Elizabeth L. Kalies

Community occupancy responses of small mammals to restoration treatments in ponderosa pine forests, northern Arizona, USA.

In western North American conifer forests, wildfires are increasing in frequency and severity due to heavy fuel loads that have accumulated after a century of fire suppression. Forest restoration treatments (e.g., thinning and/or burning) are being designed and implemented at large spatial and temporal scales in an effort to reduce fire risk and restore forest structure and function. In ponderosa pine (Pinus ponderosa) forests, predominantly open forest structure and a frequent, low-severity fire regime constituted the evolutionary environment for wildlife that persisted for thousands of years. Small mammals are important in forest ecosystems as prey and in affecting primary production and decomposition. During 2006-2009, we trapped eight species of small mammals at 294 sites in northern Arizona and used occupancy modeling to determine community responses to thinning and habitat features. The most important covariates in predicting small mammal occupancy were understory vegetation cover, large snags, and treatment. Our analysis identified two generalist species found at relatively high occupancy rates across all sites, four open-forest species that responded positively to treatment, and two dense-forest species that responded negatively to treatment unless specific habitat features were retained. Our results indicate that all eight small mammal species can benefit from restoration treatments, particularly if aspects of their evolutionary environment (e.g., large trees, snags, woody debris) are restored. The occupancy modeling approach we used resulted in precise species-level estimates of occupancy in response to habitat attributes for a greater number of small mammal species than in other comparable studies. We recommend our approach for other studies faced with high variability and broad spatial and temporal scales in assessing impacts of treatments or habitat alteration on wildlife species. Moreover, since forest planning efforts are increasingly focusing on progressively larger treatment implementation, better and more efficiently obtained ecological information is needed to inform these efforts.

A meta-analysis of management effects on forest carbon storage

ABSTRACT Forest management can have substantial impacts on ecosystem carbon storage, but those effects can vary significantly with management type and species composition. We used systematic review methodology to identify and synthesize effects of thinning and/or burning, timber harvesting, clear-cut, and wildfire on four components of ecosystem carbon: aboveground vegetation, soil, litter, and deadwood. We performed a meta-analysis on studies from the United States and Canada because those represented 85% of the studies conducted worldwide. We found that the most important variables in predicting effect sizes (ratio of carbon stored in treated stands versus controls) were, in decreasing order of importance, ecosystem carbon component, time since treatment, and age of control. Management treatment was the least important of all the variables we examined, but the trends we found suggest that thinning and/or burning treatments resulted in less carbon loss than wildfire or clear-cut. This finding is consistent with recent modeling studies indicating that forest management is unimportant to long-term carbon dynamics relative to the effects of large-scale natural disturbances (e.g., drought, fire, pest outbreak). However, many data gaps still exist on total ecosystem carbon, particularly in regions other than North America, and in timber production forests and plantations.

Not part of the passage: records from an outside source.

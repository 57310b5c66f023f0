//! The records of a target's log beside a history.
ghost use Rattle.std.specs.Prelude.{◌≡◌, ◌≤◌, ◌<◌, ◌+◌, ◌^◌, ◌++◌, [], ◌∷◌, ℕ, List, length, IfOk, IfErr};
ghost use Rattle.fb_values.specs.declared.facts.Entry.{Entry};
ghost use Rattle.fb_model.specs.History.{basis, upto};
ghost use Rattle.fb_model.specs.Lawful.{IsLawful};
ghost use Rattle.log_model.specs.Storable.{IsPayloadOf};
ghost use Rattle.log_model.specs.Log.{LogStands, byte_in_log};
ghost use Rattle.disk_log.specs.Records.{IsBehind, EndsWithin};
ghost use Rattle.disk_log.specs.declared.records.LogRecord.TheVariants.{Misfit};
ghost use Rattle.fb_backup.specs.Comparing.{AreBeside, AreCompared, SaysFault};

use crate::BackupFault;
use crate::same::has_at;
use disk_log::LogRecord;
use fb_codec::{BytesFault, entry_of};
use fb_history::EntryList;
use fb_journal::Place;
use fb_memory::Memory;
use fb_model::lawful_histories_are_counted_by_t;
use fb_values::Entry;
use log_model::{a_fault_lies_in_its_payload, a_payload_is_its_entrys_bytes};
use std::alloc::Global;

/// What the records so far are.
#[derive(Clone, Copy)]
pub(crate) enum Compared {
    /// Each holds an entry.
    Entries { beside: Beside },
    /// The first that holds no entry, and the byte of the file at which its first misfit begins. What the records after it hold
    /// is not read.
    Misfit { nth: u64, at: u64 },
}

/// Entries beside those of the history from t = 1 on.
#[derive(Clone, Copy)]
pub(crate) enum Beside {
    /// They are those up to this t.
    Same { t: u32 },
    /// This t is that of the first that is not the history's.
    Other { t: u32 },
}

impl Compared {
    /// No record yet.
    pub(crate) fn none() -> Compared
        ensures { (h : List Entry) → IsLawful h → AreCompared h [] result }
    {
        Compared::Entries {
            beside: Beside::Same { t: 0 },
        }
    }

    /// With the record that comes next, of whose payload this was read.
    pub(crate) fn with(
        self,
        alloc: Global,
        entries: &EntryList,
        next: LogRecord,
        payload: &[u8],
    ) -> Result<Compared, Memory>
        requires lawful { IsLawful entries.now }
        requires within { EndsWithin payload.now next }
        requires compared { (records : List (List ℕ)) × AreCompared entries.now records self }
        ensures { IfOk result (λ compared. (records : List (List ℕ)) (whole : List ℕ)
            → AreCompared entries.now records self → IsBehind records whole payload.now next
            → AreCompared entries.now (records ++ whole ∷ []) compared) }
    {
        match next {
            LogRecord::Whole { place } => self.with_payload(alloc, entries, place, payload),
            LogRecord::Misfit { nth, at } => Ok(self.with_misfit(nth, at)),
        }
    }

    /// With a record whose payload lies at this place.
    fn with_payload(
        self,
        alloc: Global,
        entries: &EntryList,
        place: Place,
        payload: &[u8],
    ) -> Result<Compared, Memory>
        requires lawful { IsLawful entries.now }
        requires within { place.at + length payload.now < 2 ^ 64 }
        requires compared { (records : List (List ℕ)) × AreCompared entries.now records self }
        ensures { IfOk result (λ compared. (records : List (List ℕ))
            → AreCompared entries.now records self
            → place.nth ≡ length records → place.at ≡ byte_in_log records 0
            → AreCompared entries.now (records ++ payload.now ∷ []) compared) }
    {
        match self {
            Compared::Entries { beside } => compared_in(alloc, entries, beside, place, payload),
            Compared::Misfit { nth, at } => Ok(Compared::Misfit { nth, at }),
        }
    }

    /// With a record that holds no entry.
    fn with_misfit(self, nth: u64, at: u64) -> Compared
        ensures { (h : List Entry) (records : List (List ℕ)) (whole read : List ℕ)
            → AreCompared h records self → IsBehind records whole read (Misfit nth at)
            → AreCompared h (records ++ whole ∷ []) result }
    {
        match self {
            Compared::Entries { .. } => Compared::Misfit { nth, at },
            Compared::Misfit {
                nth: first,
                at: there,
            } => Compared::Misfit {
                nth: first,
                at: there,
            },
        }
    }

    /// The t of the last entry, where all are the history's.
    pub(crate) fn into_basis(self) -> Result<u32, BackupFault>
        ensures stands { IfOk result (λ t. (h : List Entry) (records : List (List ℕ))
            → AreCompared h records self → (t ≤ basis h) × LogStands records (upto h t)) }
        ensures fault { IfErr result (λ fault. (h : List Entry) (records : List (List ℕ))
            → AreCompared h records self → SaysFault h records fault) }
    {
        match self {
            Compared::Entries {
                beside: Beside::Same { t },
            } => Ok(t),
            Compared::Entries {
                beside: Beside::Other { t },
            } => Err(BackupFault::Other { t }),
            Compared::Misfit { nth, at } => Err(BackupFault::BadLog { nth, at }),
        }
    }
}

/// The entries with that of a payload, or the payload's first misfit.
fn compared_in(
    alloc: Global,
    entries: &EntryList,
    beside: Beside,
    place: Place,
    payload: &[u8],
) -> Result<Compared, Memory>
    requires lawful { IsLawful entries.now }
    requires within { place.at + length payload.now < 2 ^ 64 }
    requires beside { (records : List (List ℕ)) × AreBeside entries.now records beside }
    ensures { IfOk result (λ compared. (records : List (List ℕ))
        → AreBeside entries.now records beside
        → place.nth ≡ length records → place.at ≡ byte_in_log records 0
        → AreCompared entries.now (records ++ payload.now ∷ []) compared) }
{
    a_payload_is_its_entrys_bytes();
    a_fault_lies_in_its_payload();
    match entry_of(alloc, payload) {
        Ok(entry) => Ok(Compared::Entries {
            beside: beside.with(entries, &entry),
        }),
        Err(BytesFault::At { byte }) => Ok(Compared::Misfit {
            nth: place.nth,
            at: place.at + byte,
        }),
        Err(BytesFault::Memory) => Err(Memory),
    }
}

impl Beside {
    /// With the entry that comes next.
    fn with(self, entries: &EntryList, entry: &Entry) -> Beside
        requires lawful { IsLawful entries.now }
        requires beside { (records : List (List ℕ)) × AreBeside entries.now records self }
        ensures { (records : List (List ℕ)) (payload : List ℕ)
            → AreBeside entries.now records self → IsPayloadOf entry.now payload
            → AreBeside entries.now (records ++ payload ∷ []) result }
    {
        lawful_histories_are_counted_by_t();
        match self {
            Beside::Same { t } => next_to(entries, t, entry),
            Beside::Other { t } => Beside::Other { t },
        }
    }
}

/// The entries up to t of the history, and then this one.
fn next_to(entries: &EntryList, t: u32, entry: &Entry) -> Beside
    requires lawful { IsLawful entries.now }
    requires within { t < length entries.now }
    ensures { (records : List (List ℕ)) (payload : List ℕ)
        → LogStands records (upto entries.now t) → IsPayloadOf entry.now payload
        → AreBeside entries.now (records ++ payload ∷ []) result }
{
    // So t + 1 is a t.
    let _len = entries.len();
    let next = t + 1;
    if has_at(entries, next, entry) {
        Beside::Same { t: next }
    } else {
        Beside::Other { t: next }
    }
}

Small mammal community maintains stability through compensatory dynamics after restoration of a ponderosa pine forest

Ecosystem stability has been of increasing interest in the past several decades as it helps predict the consequences of anthropogenic disturbances on ecosystems. Species may exhibit stability through compensation, with greatly fluctuating populations year to year but a consistent density response over time. Stability is increased when species with similar functional roles compensate for one another by responding differently to environmental change. In restoration projects, the objective is to restore stability by altering ecosystem composition, structure, and function to resemble natural (‘‘reference’’) conditions. We assessed the success of ecological restoration treatments by examining the structural and functional responses of the small mammal community before and after treatment, and compared to reference conditions. We used Royle density models to examine the responses of eight species of small mammals to restoration (thinning) treatments in ponderosa pine forests to determine if the community maintained total density, biomass, and function (represented by ectomycorrhizal fungi dispersion) after disturbance. Community composition differed in each of 6 years following treatment, but total density and biomass remained constant, suggesting the community is a stable prey base for predators. In addition, goldenmantled ground squirrels (Spermophilus lateralis) and gray-collared chipmunks (Tamias cinereicollis) appeared to play a similar role in dispersing ectomycorrhizal fungi across different forest structures. Both total species density and biomass were greater after thinning than in unthinned stands, and were similar to reference stands. These results suggest that although species composition changes from year to year after disturbance, restoration treatments can maintain ecosystem stability in terms of small mammal community-level properties.